fn order(alloc: Global, numbers: &[u16]) -> Option<OrderList> {
    let mut order = Items::new(alloc);
    for number in numbers {
        let item = OrderItem {
            field: *number,
            down: true,
        };
        order.push(item).ok()?;
    }
    Some(order)
}

/// Folds by their bytes: `n` counts, and a digit is the sum of a field, the least and the greatest.
fn folds(alloc: Global, text: &str, more: usize) -> Option<AggList> {
    let mut folds = Items::new(alloc);
    for byte in text.as_bytes() {
        match byte {
            b'0'..=b'9' => {
                let number = u16::from(byte - b'0');
                folds.push(Agg::Sum(number)).ok()?;
                folds.push(Agg::Min(number, 0)).ok()?;
                folds.push(Agg::Max(number, 0)).ok()?;
            }
            _ => folds.push(Agg::Count).ok()?,
        }
    }
    for _ in 0..more {
        folds.push(Agg::Count).ok()?;
    }
    Some(folds)
}

/// A row of a Long and a text.
fn row(alloc: Global) -> Option<Row> {
    let mut values = Vec::new(alloc);
    values.push(Value::Long(0)).ok()?;
    let word = Text::of(String::from_str(alloc, "-").ok()?)?;
    values.push(Value::Str(word)).ok()?;
    Some(Row::of(values))
}

/// A row for a side that has a default.
fn default_row(alloc: Global, has_default: bool) -> Option<Option<Row>> {
    if has_default {
        Some(Some(row(alloc)?))
    } else {
        Some(None)
    }
}

fn join(alloc: Global, keys: (&[u16], &[u16]), text: &str, left: bool, right: bool) -> Option<Op> {
    let left_key = key(alloc, keys.0)?;
    let right_key = key(alloc, keys.1)?;
    let columns = columns(alloc, text)?;
    let left_default = default_row(alloc, left)?;
    let right_default = default_row(alloc, right)?;
    Some(Op::Join {
        left: 1,
        right: 2,
        left_key,
        right_key,
        columns,
        kind: JoinKind::Full,
        left_default,
        right_default,
    })
}

fn cogroup(alloc: Global, keys: (&[u16], &[u16]), text: &str) -> Option<Op> {
    let left_key = key(alloc, keys.0)?;
    let right_key = key(alloc, keys.1)?;
    let left_aggs = folds(alloc, text, 1)?;
    let right_aggs = folds(alloc, text, 0)?;
    Some(Op::Cogroup {
        left: 1,
        right: 2,
        left_key,
        right_key,
        left_aggs,
        right_aggs,
    })
}

fn group(alloc: Global, numbers: &[u16], text: &str) -> Option<Op> {
    let key = key(alloc, numbers)?;
    let aggs = folds(alloc, text, 0)?;
    Some(Op::Group {
        input: 1,
        key,
        aggs,
        combine: true,
    })
}

fn top(alloc: Global, numbers: &[u16], items: &[u16]) -> Option<Op> {
    let key = key(alloc, numbers)?;
    let order = order(alloc, items)?;
    Some(Op::Top {
        input: 1,
        key,
        order,
        count: 1,
    })
}

fn delta(alloc: Global, numbers: &[u16], items: &[u16]) -> Option<Op> {
    let bind = Name::of(String::from_str(alloc, "state").ok()?)?;
    let key = key(alloc, numbers)?;
    let order = order(alloc, items)?;
    Some(Op::Delta {
        solution: 1,
        workset: 2,
        bind,
        key,
        order,
        merge: MergeRule::Replace,
        max: 1,
        delta: 3,
        next: 3,
    })
}

fn bulk(alloc: Global) -> Option<Op> {
    let bind = Name::of(String::from_str(alloc, "state").ok()?)?;
    Some(Op::Bulk {
        init: 1,
        bind,
        max: 1,
        next: 3,
        until: None,
    })
}

fn flat_map(alloc: Global, text: &str) -> Option<Op> {
    let mut rows = Items::new(alloc);
    rows.push(branch(alloc, text, text)?).ok()?;
    rows.push(branch(alloc, "1", "031")?).ok()?;
    Some(Op::FlatMap { input: 1, rows })
}

fn map(alloc: Global, text: &str) -> Option<Op> {
    let columns = columns(alloc, text)?;
    Some(Op::Map { input: 1, columns })
}

fn probe(alloc: Global, numbers: &[u16], text: &str) -> Option<Op> {
    let key = key(alloc, numbers)?;
    let columns = columns(alloc, text)?;
    Some(Op::Probe {
        input: 1,
        key,
        columns,
    })
}

fn op(alloc: Global, kind: Kind, keys: (&[u16], &[u16]), text: &str) -> Option<Op> {
    match kind {
        Kind::Source => Some(Op::Source {
            fields: Items::from_slice(alloc, &LEFT).ok()?,
            delimiter: b',',
        }),
        Kind::Map | Kind::WideMap => map(alloc, text),
        Kind::Filter => Some(Op::Filter {
            input: 1,
            test: test(alloc, text)?,
        }),
        Kind::FlatMap => flat_map(alloc, text),
        Kind::Union | Kind::UnionOfOne => Some(Op::Union {
            inputs: Items::new(alloc),
        }),
        Kind::Top => top(alloc, keys.0, keys.1),
        Kind::Group => group(alloc, keys.0, text),
        Kind::Join => join(alloc, keys, text, false, false),
        Kind::LeftJoin => join(alloc, keys, text, false, true),
        Kind::RightJoin => join(alloc, keys, text, true, false),
        Kind::Cogroup => cogroup(alloc, keys, text),
        Kind::Bulk => bulk(alloc),
        Kind::Delta => delta(alloc, keys.0, keys.1),
        Kind::Probe => probe(alloc, keys.0, text),
    }
}

fn schema(alloc: Global, fields: &[FieldType]) -> Option<Schema> {
    Schema::of(fields.to_vec(alloc).ok()?)
}

/// The inputs of a case.
fn inputs(alloc: Global, kind: Kind) -> Option<Vec<Schema>> {
    let mut inputs = Vec::new(alloc);
    match kind {
        Kind::Source => {}
        Kind::WideMap => inputs.push(schema(alloc, &WIDE)?).ok()?,
        Kind::UnionOfOne => {
            inputs.push(schema(alloc, &RIGHT)?).ok()?;
            inputs
                .push(schema(alloc, &[LONG, FieldType::Str(90)])?)
                .ok()?;
            inputs.push(schema(alloc, &RIGHT)?).ok()?;
        }
        _ => {
            inputs.push(schema(alloc, &LEFT)?).ok()?;
            inputs.push(schema(alloc, &RIGHT)?).ok()?;
        }
    }
    Some(inputs)
}

/// Whether an op's schema, or the code that refuses it, is as wanted.
fn is_wanted(found: &Result<Schema, PlanCode>, want: Result<&[FieldType], PlanCode>) -> bool {
    match (found, want) {
        (Ok(schema), Ok(types)) => schema.fields() == types,
        (Err(code), Err(wanted)) => *code == wanted,
        _ => false,
    }
}

/// Whether a case is typed as it says.
fn is_typed(alloc: Global, case: &Case) -> Option<bool> {
    let (kind, left_key, right_key, text, want) = *case;
    let inputs = inputs(alloc, kind)?;
    let op = op(alloc, kind, (left_key, right_key), text)?;
    match type_op(alloc, &op, inputs.as_slice(), right_key) {
        Ok(found) => Some(is_wanted(&found, want)),
        Err(_) => None,
    }
}

const FIELD: Result<&[FieldType], PlanCode> = Err(PlanCode::BadField);

const TYPES: Result<&[FieldType], PlanCode> = Err(PlanCode::BadTypes);

const TOO_WIDE: Result<&[FieldType], PlanCode> = Err(PlanCode::BadWidth);

const CASES: [Case; 70] = [
    (Kind::Source, &[], &[], "", Ok(&LEFT)),
    (
        Kind::Map,
        &[],
        &[],
        "0122.2<x<",
        Ok(&[
            LONG,
            BOOL,
            FieldType::Str(200),
            FieldType::Str(7),
            FieldType::Str(3),
        ]),
    ),
    (
        Kind::Map,
        &[],
        &[],
        "00+00=1!2#",
        Ok(&[LONG, BOOL, BOOL, LONG]),
    ),
    (Kind::Map, &[], &[], "123?", Ok(&[FieldType::Str(9_000)])),
    (Kind::Map, &[], &[], "01=4", FIELD),
    (Kind::Map, &[], &[], "01+", TYPES),
    (Kind::Map, &[], &[], "01=", TYPES),
    (Kind::Map, &[], &[], "023?", TYPES),
    (Kind::Map, &[], &[], "103?", TYPES),
    (Kind::Map, &[], &[], "00&", TYPES),
    (Kind::Map, &[], &[], "33.01+", TYPES),
    (Kind::Map, &[], &[], "33.#1+", TYPES),
    (Kind::Map, &[], &[], "33.", TOO_WIDE),
    (Kind::Map, &[], &[], "33.#", TOO_WIDE),
    (Kind::Map, &[], &[], "33.<", TOO_WIDE),
    (Kind::Map, &[], &[], "", TOO_WIDE),
    (Kind::WideMap, &[], &[], "0", Ok(&WIDE)),
    (Kind::WideMap, &[], &[], "0t", TOO_WIDE),
    (Kind::WideMap, &[], &[], "0y.", TOO_WIDE),
    (Kind::WideMap, &[], &[], "0y.<", TOO_WIDE),
    (Kind::WideMap, &[], &[], "0<y.", Ok(&[FieldType::Str(8)])),
    (Kind::Filter, &[], &[], "23=", Ok(&LEFT)),
    (Kind::Filter, &[], &[], "40+", FIELD),
    (Kind::Filter, &[], &[], "0", TYPES),
    (Kind::Filter, &[], &[], "33.x=", TOO_WIDE),
    (
        Kind::FlatMap,
        &[],
        &[],
        "021",
        Ok(&[LONG, FieldType::Str(9_000), BOOL]),
    ),
    (Kind::FlatMap, &[], &[], "024", FIELD),
    (Kind::FlatMap, &[], &[], "020", TYPES),
    (Kind::FlatMap, &[], &[], "1", TYPES),
    (Kind::FlatMap, &[], &[], "033.#1", TYPES),
    (Kind::FlatMap, &[], &[], "033.1", TOO_WIDE),
    (
        Kind::UnionOfOne,
        &[],
        &[],
        "",
        Ok(&[LONG, FieldType::Str(90)]),
    ),
    (Kind::Union, &[], &[], "", TYPES),
    (Kind::Top, &[0], &[3, 1], "", Ok(&LEFT)),
    (Kind::Top, &[4], &[0], "", FIELD),
    (Kind::Top, &[0], &[0, 4], "", FIELD),
    (
        Kind::Group,
        &[2, 0],
        &[],
        "0n",
        Ok(&[FieldType::Str(100), LONG, LONG, LONG, LONG, LONG]),
    ),
    (Kind::Group, &[0, 4], &[], "n", FIELD),
    (Kind::Group, &[0], &[], "14", FIELD),
    (Kind::Group, &[0], &[], "1", TYPES),
    (Kind::Group, &[], &[], "", TOO_WIDE),
    (Kind::Join, &[0], &[0], "03=5", TYPES),
    (
        Kind::Join,
        &[2, 0],
        &[1, 0],
        "35",
        Ok(&[FieldType::Str(9_000), FieldType::Str(50)]),
    ),
    (Kind::Join, &[0], &[0], "6", FIELD),
    (Kind::Join, &[0], &[0, 0], "0", FIELD),
    (Kind::Join, &[4], &[0], "0", FIELD),
    (Kind::Join, &[0], &[2], "0", FIELD),
    (Kind::Join, &[1], &[0], "0", TYPES),
    (Kind::Join, &[0], &[0], "33.", TOO_WIDE),
    (Kind::LeftJoin, &[0], &[0], "4", Ok(&[LONG])),
    (Kind::RightJoin, &[0], &[0], "4", TYPES),
    (Kind::RightJoin, &[0], &[0], "6", FIELD),
    (
        Kind::Cogroup,
        &[2],
        &[1],
        "0",
        Ok(&[
            FieldType::Str(100),
            LONG,
            LONG,
            LONG,
            LONG,
            LONG,
            LONG,
            LONG,
        ]),
    ),
    (Kind::Cogroup, &[0], &[0], "nnnnnnnnnnnnnnn", Ok(&LONGS)),
    (Kind::Cogroup, &[0, 0], &[0, 0], "nnnnnnnnnnnnnnn", TOO_WIDE),
    (Kind::Cogroup, &[0], &[0], "1", TYPES),
    (Kind::Cogroup, &[0], &[0], "2", FIELD),
    (Kind::Cogroup, &[0], &[1], "0", TYPES),
    (Kind::Cogroup, &[0], &[0, 0], "0", FIELD),
    (Kind::Bulk, &[], &[], "", Ok(&LEFT)),
    (Kind::Delta, &[2], &[1], "", Ok(&LEFT)),
    (Kind::Delta, &[4], &[1], "", FIELD),
    (
        Kind::Probe,
        &[0],
        &[0],
        "05",
        Ok(&[LONG, FieldType::Str(50)]),
    ),
    (Kind::Probe, &[0], &[], "0", FIELD),
    (Kind::Probe, &[4], &[0], "0", FIELD),
    (Kind::Probe, &[0], &[0], "6", FIELD),
    (Kind::Probe, &[0], &[1], "0", TYPES),
    (Kind::Probe, &[0], &[0], "01+", TYPES),
    (Kind::Probe, &[0], &[0], "33.", TOO_WIDE),
    (Kind::Filter, &[], &[], "1", Ok(&LEFT)),
];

──────────

Problem: Could you report how many lines in the data above include the word "Source"? Give the number and nothing more.

Response to this exercise: 3